I’m not sure why content is suddenly all that. Good B2B marketers have been flinging whitepapers, worksheets, calculators and webinars into the ether for years. I suppose we like content again because now we can measure the stuff we previously guessed at like who reads it, how they got it and how they ended up getting it when they didn’t know they wanted it.

Content is also a big deal these days because it’s much cheaper to produce graphics and videos than previously, and the cost of distribution is extremely low when you aren’t killing trees and mailing things. Truly this is content’s Golden Age.

But at the risk of launching a floatie into the punchbowl at the Content Cotillion, I’m wondering if we’re forgetting why we do content in the first place. Here’s a hint: to sell things. All that stuff about thought leadership, educated markets, solution selling and lead nurturing is well and fine, but if it isn’t paying the bills, it isn’t working.

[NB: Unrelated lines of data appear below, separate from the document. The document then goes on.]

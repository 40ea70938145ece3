use crate::{Copied, Name, Note, Which};
use std::alloc::{AllocError, Global};

/// What a line of SQL asks for. `Invalid` is a line past a limit of pg_notify or NOTIFY, and `Bad` a line that is no command,
/// with the byte, counted from 0, where it goes wrong.
#[derive(Drop)]
pub enum Command {
    Empty,
    Begin,
    Start,
    Commit,
    Rollback,
    Savepoint(Name),
    RollbackTo(Name),
    Release(Name),
    Listen(Name),
    Unlisten(Name),
    UnlistenAll,
    Notify(Note),
    PgNotify(Note),
    ListeningChannels,
    QueueUsage,
    Invalid { which: Which },
    Bad { at: u32 },
}

impl Copied for Command {
    fn copy(&self, alloc: Global) -> Result<Self, AllocError> {
        match self {
            Command::Empty => Ok(Command::Empty),
            Command::Begin => Ok(Command::Begin),
            Command::Start => Ok(Command::Start),
            Command::Commit => Ok(Command::Commit),
            Command::Rollback => Ok(Command::Rollback),
            Command::Savepoint(name) => {
                let name = name.copy(alloc)?;
                Ok(Command::Savepoint(name))
            }
            Command::RollbackTo(name) => {
                let name = name.copy(alloc)?;
                Ok(Command::RollbackTo(name))
            }
            Command::Release(name) => {
                let name = name.copy(alloc)?;
                Ok(Command::Release(name))
            }
            Command::Listen(name) => {
                let name = name.copy(alloc)?;
                Ok(Command::Listen(name))
            }
            Command::Unlisten(name) => {
                let name = name.copy(alloc)?;
                Ok(Command::Unlisten(name))
            }
            Command::UnlistenAll => Ok(Command::UnlistenAll),
            Command::Notify(note) => {
                let note = note.copy(alloc)?;
                Ok(Command::Notify(note))
            }
            Command::PgNotify(note) => {
                let note = note.copy(alloc)?;
                Ok(Command::PgNotify(note))
            }
            Command::ListeningChannels => Ok(Command::ListeningChannels),
            Command::QueueUsage => Ok(Command::QueueUsage),
            Command::Invalid { which } => Ok(Command::Invalid { which: *which }),
            Command::Bad { at } => Ok(Command::Bad { at: *at }),
        }
    }
}
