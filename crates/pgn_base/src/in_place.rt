ghost use Rattle.std.specs.Prelude.{◌≡◌, ◌<◌, ◌≤◌, [], ◌∷◌, length, bytes_eq};
ghost use Rattle.std.proofs.Common.{rules};
ghost use Rattle.std.specs.Cmp.{partial_equiv_from_equiv};
ghost use Rattle.std.specs.Cmp.Lexicographic.{nat_list_eq_equiv};
ghost use Rattle.std.specs.Cmp.Rules.{hashing};

use std::hash::{Hash, Hasher};
use std::marker::Model;

/// At most `N` bytes that stand in the value itself; `N` is below 256. Contracts see the bytes.
#[derive(Drop)]
pub struct InPlace<const N: usize> {
    len: u8,
    bytes: [u8; N],
}

impl<const N: usize> Model for InPlace<N> {
    ghost use Rattle.std.specs.Prelude.{◌≤◌, List, ℕ, take};

    ghost Value = { List ℕ };

    ghost view = { λ text. take text.len text.bytes };

    ghost invariant = { λ text. text.len ≤ N };
}

impl<const N: usize> InPlace<N> {
    pub fn new(text: &[u8]) -> Self
        requires fits { length text.now ≤ N }
        requires small { N < 256 }
        ensures { result ≡ text.now }
    {
        let mut bytes = [0; N];
        bytes[..text.len()].copy_from_slice(text);
        InPlace {
            len: text.len() as u8,
            bytes,
        }
    }

    pub fn as_bytes(&self) -> &[u8]
        ensures { result.now ≡ self.now }
    {
        &self.bytes[..self.len as usize]
    }

    pub fn copy(&self) -> Self
        ensures { result ≡ self.now }
    {
        InPlace {
            len: self.len,
            bytes: self.bytes,
        }
    }
}

impl<const N: usize> PartialEq for InPlace<N> {
    ghost eq = { bytes_eq };

    ghost laws = { partial_equiv_from_equiv nat_list_eq_equiv };

    fn eq(&self, other: &Self) -> bool {
        self.as_bytes() == other.as_bytes()
    }
}

impl<const N: usize> Eq for InPlace<N> {
    ghost laws = { nat_list_eq_equiv };
}

impl<const N: usize> Hash for InPlace<N> {
    ghost hash_input = { λ text. text ∷ [] };

    ghost respects_eq = { Prim.search (hashing, rules) };

    fn hash<H: Hasher>(&self, state: &mut H) {
        state.write(self.as_bytes());
    }
}
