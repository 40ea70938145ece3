ghost use Rattle.std.specs.Prelude.{◌&&◌, [], ◌∷◌, All, bytes_eq};
ghost use Rattle.std.proofs.Common.{rules};
ghost use Rattle.std.specs.Cmp.Rules.{comparing, hashing};
ghost use Rattle.pgn_base.specs.Notes.{IsNote};

use crate::{Copied, Name, Payload, Seq, Xid};
use std::alloc::{AllocError, Global};
use std::hash::{Hash, Hasher};

/// A notification as NOTIFY names it: a channel and a payload.
pub struct Note {
    pub channel: Name,
    pub payload: Payload,
}

// Written out, so that this crate proves it once for all that drop one.
impl Drop for Note {
    fn drop(self) {
        let Note {
            channel: _,
            payload: _,
        } = self;
    }
}

pub type Notes = Seq<Note>;

impl Copied for Note {
    fn copy(&self, alloc: Global) -> Result<Self, AllocError> {
        let channel = self.channel.copy(alloc)?;
        let payload = self.payload.copy(alloc)?;
        Ok(Note { channel, payload })
    }
}

impl PartialEq for Note {
    ghost eq = { λ a b. bytes_eq a.channel b.channel && bytes_eq a.payload b.payload };

    ghost laws = { Prim.search (comparing, rules) };

    fn eq(&self, other: &Note) -> bool {
        self.channel == other.channel && self.payload == other.payload
    }
}

impl Eq for Note {
    ghost laws = { Prim.search (comparing, rules) };
}

impl Hash for Note {
    ghost hash_input = { λ note. note.channel ∷ note.payload ∷ [] };

    ghost respects_eq = { Prim.search (hashing, rules) };

    fn hash<H: Hasher>(&self, state: &mut H) {
        self.channel.hash(state);
        self.payload.hash(state);
    }
}

/// A notification as a listener receives it. `pid` is the process number of its sender, 1000 and the session's number.
pub struct Delivery {
    pub xid: Xid,
    pub pid: u32,
    pub note: Note,
}

// Written out, so that this crate proves it once for all that drop one.
impl Drop for Delivery {
    fn drop(self) {
        let Delivery {
            xid: _,
            pid: _,
            note: _,
        } = self;
    }
}

pub type Deliveries = Seq<Delivery>;

impl Copied for Delivery {
    fn copy(&self, alloc: Global) -> Result<Self, AllocError> {
        let note = self.note.copy(alloc)?;
        Ok(Delivery {
            xid: self.xid,
            pid: self.pid,
            note,
        })
    }
}

/// Each of these notifications can be sent. It is called for what it says: a slice by itself tells nothing of its items.
pub fn are_notes(notes: &[Note])
    ensures { All IsNote notes.now }
{
    for note in notes {
        is_note(note);
    }
}

// A notification can be sent.
fn is_note(note: &Note)
    ensures { IsNote note.now }
{
    let _channel = note.channel.as_bytes();
    let _payload = note.payload.as_bytes();
}
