/// The most bytes of a name: of a channel, a savepoint, a section or a flag.
pub const NAME_BYTES_MAX: usize = 63;

/// The most bytes of a payload.
pub const PAYLOAD_BYTES_MAX: usize = 7_999;

/// The most bytes of an input.
pub const INPUT_BYTES_MAX: usize = 16_777_216;

/// The most bytes of a line of an input, without its LF.
pub const LINE_BYTES_MAX: usize = 65_536;

/// The most sections of a scenario, and so the most sessions.
pub const SECTIONS_MAX: u32 = 256;

/// The most different flags of a scenario.
pub const FLAGS_MAX: usize = 256;

/// The most lines of a scenario whose command is NOTIFY or a call of pg_notify.
pub const NOTE_LINES_MAX: usize = 65_536;

/// The most notifications that all sessions of a queue send. With so many of the longest the places in the queue stay below 2^32.
pub const HUB_NOTES_MAX: u32 = 1_048_575;

/// The most times that `repeat` in a call of pg_notify repeats its text.
pub const REPEATS_MAX: u32 = 10_000;

/// The number of the first transaction of a run. Entry k of the journal, from 0, has this number and k.
pub const FIRST_XID: u32 = 3;

/// A session's process number is its own number and this one.
pub const PID_BASE: u32 = 1_000;

/// The least and the greatest limit of the queue, in pages.
pub const PAGES_MIN: u32 = 2;

pub const PAGES_MAX: u32 = 1_024;

/// The most flags of a queue: those that a scenario names, and one for the end of each session.
pub const HUB_FLAGS_MAX: u32 = 512;

/// How many pages the queue has at most, where the command line sets nothing.
pub const PAGES_DEFAULT: u32 = 256;

/// How many looks, made or slept over, an await takes before it times out, where the command line sets nothing. A microsecond of
/// sleep counts as one.
pub const PATIENCE_DEFAULT: u64 = 10_000_000;

/// The bytes of a page of the queue. The longest entry has as many.
pub const PAGE_BYTES: usize = 8_192;

/// A listener that is this many pages or more behind the head is woken whatever was sent, and the tail is advanced where the head
/// enters a page whose number is a multiple of it. It is the cleanup delay of `async.c`.
pub const CLEANUP_DELAY_PAGES: u64 = 4;

/// The bytes of a cell, the unit in which places in the queue are counted.
pub const CELL_BYTES: usize = 4;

More and more, I suspect, we are generating demand for content, and not for our products. Since a day without a metaphor is like a day without, well, something else, we should think about fishing. (Fishing is the universal metaphor for everything.)Hook, Line & Whitepaper: Why Content Needs to Know Its Place image rome via di propagandaHook, Line & Whitepaper: Why Content Needs to Know Its Place

For a lot of marketers, content is the struggling thing slowly drowning on the end of the hook. But our Sales Squirrels aren’t helped when they reel in a soggy infographic. Sure, it’s a source of fibre, but it’s the commission-free kind of fibre.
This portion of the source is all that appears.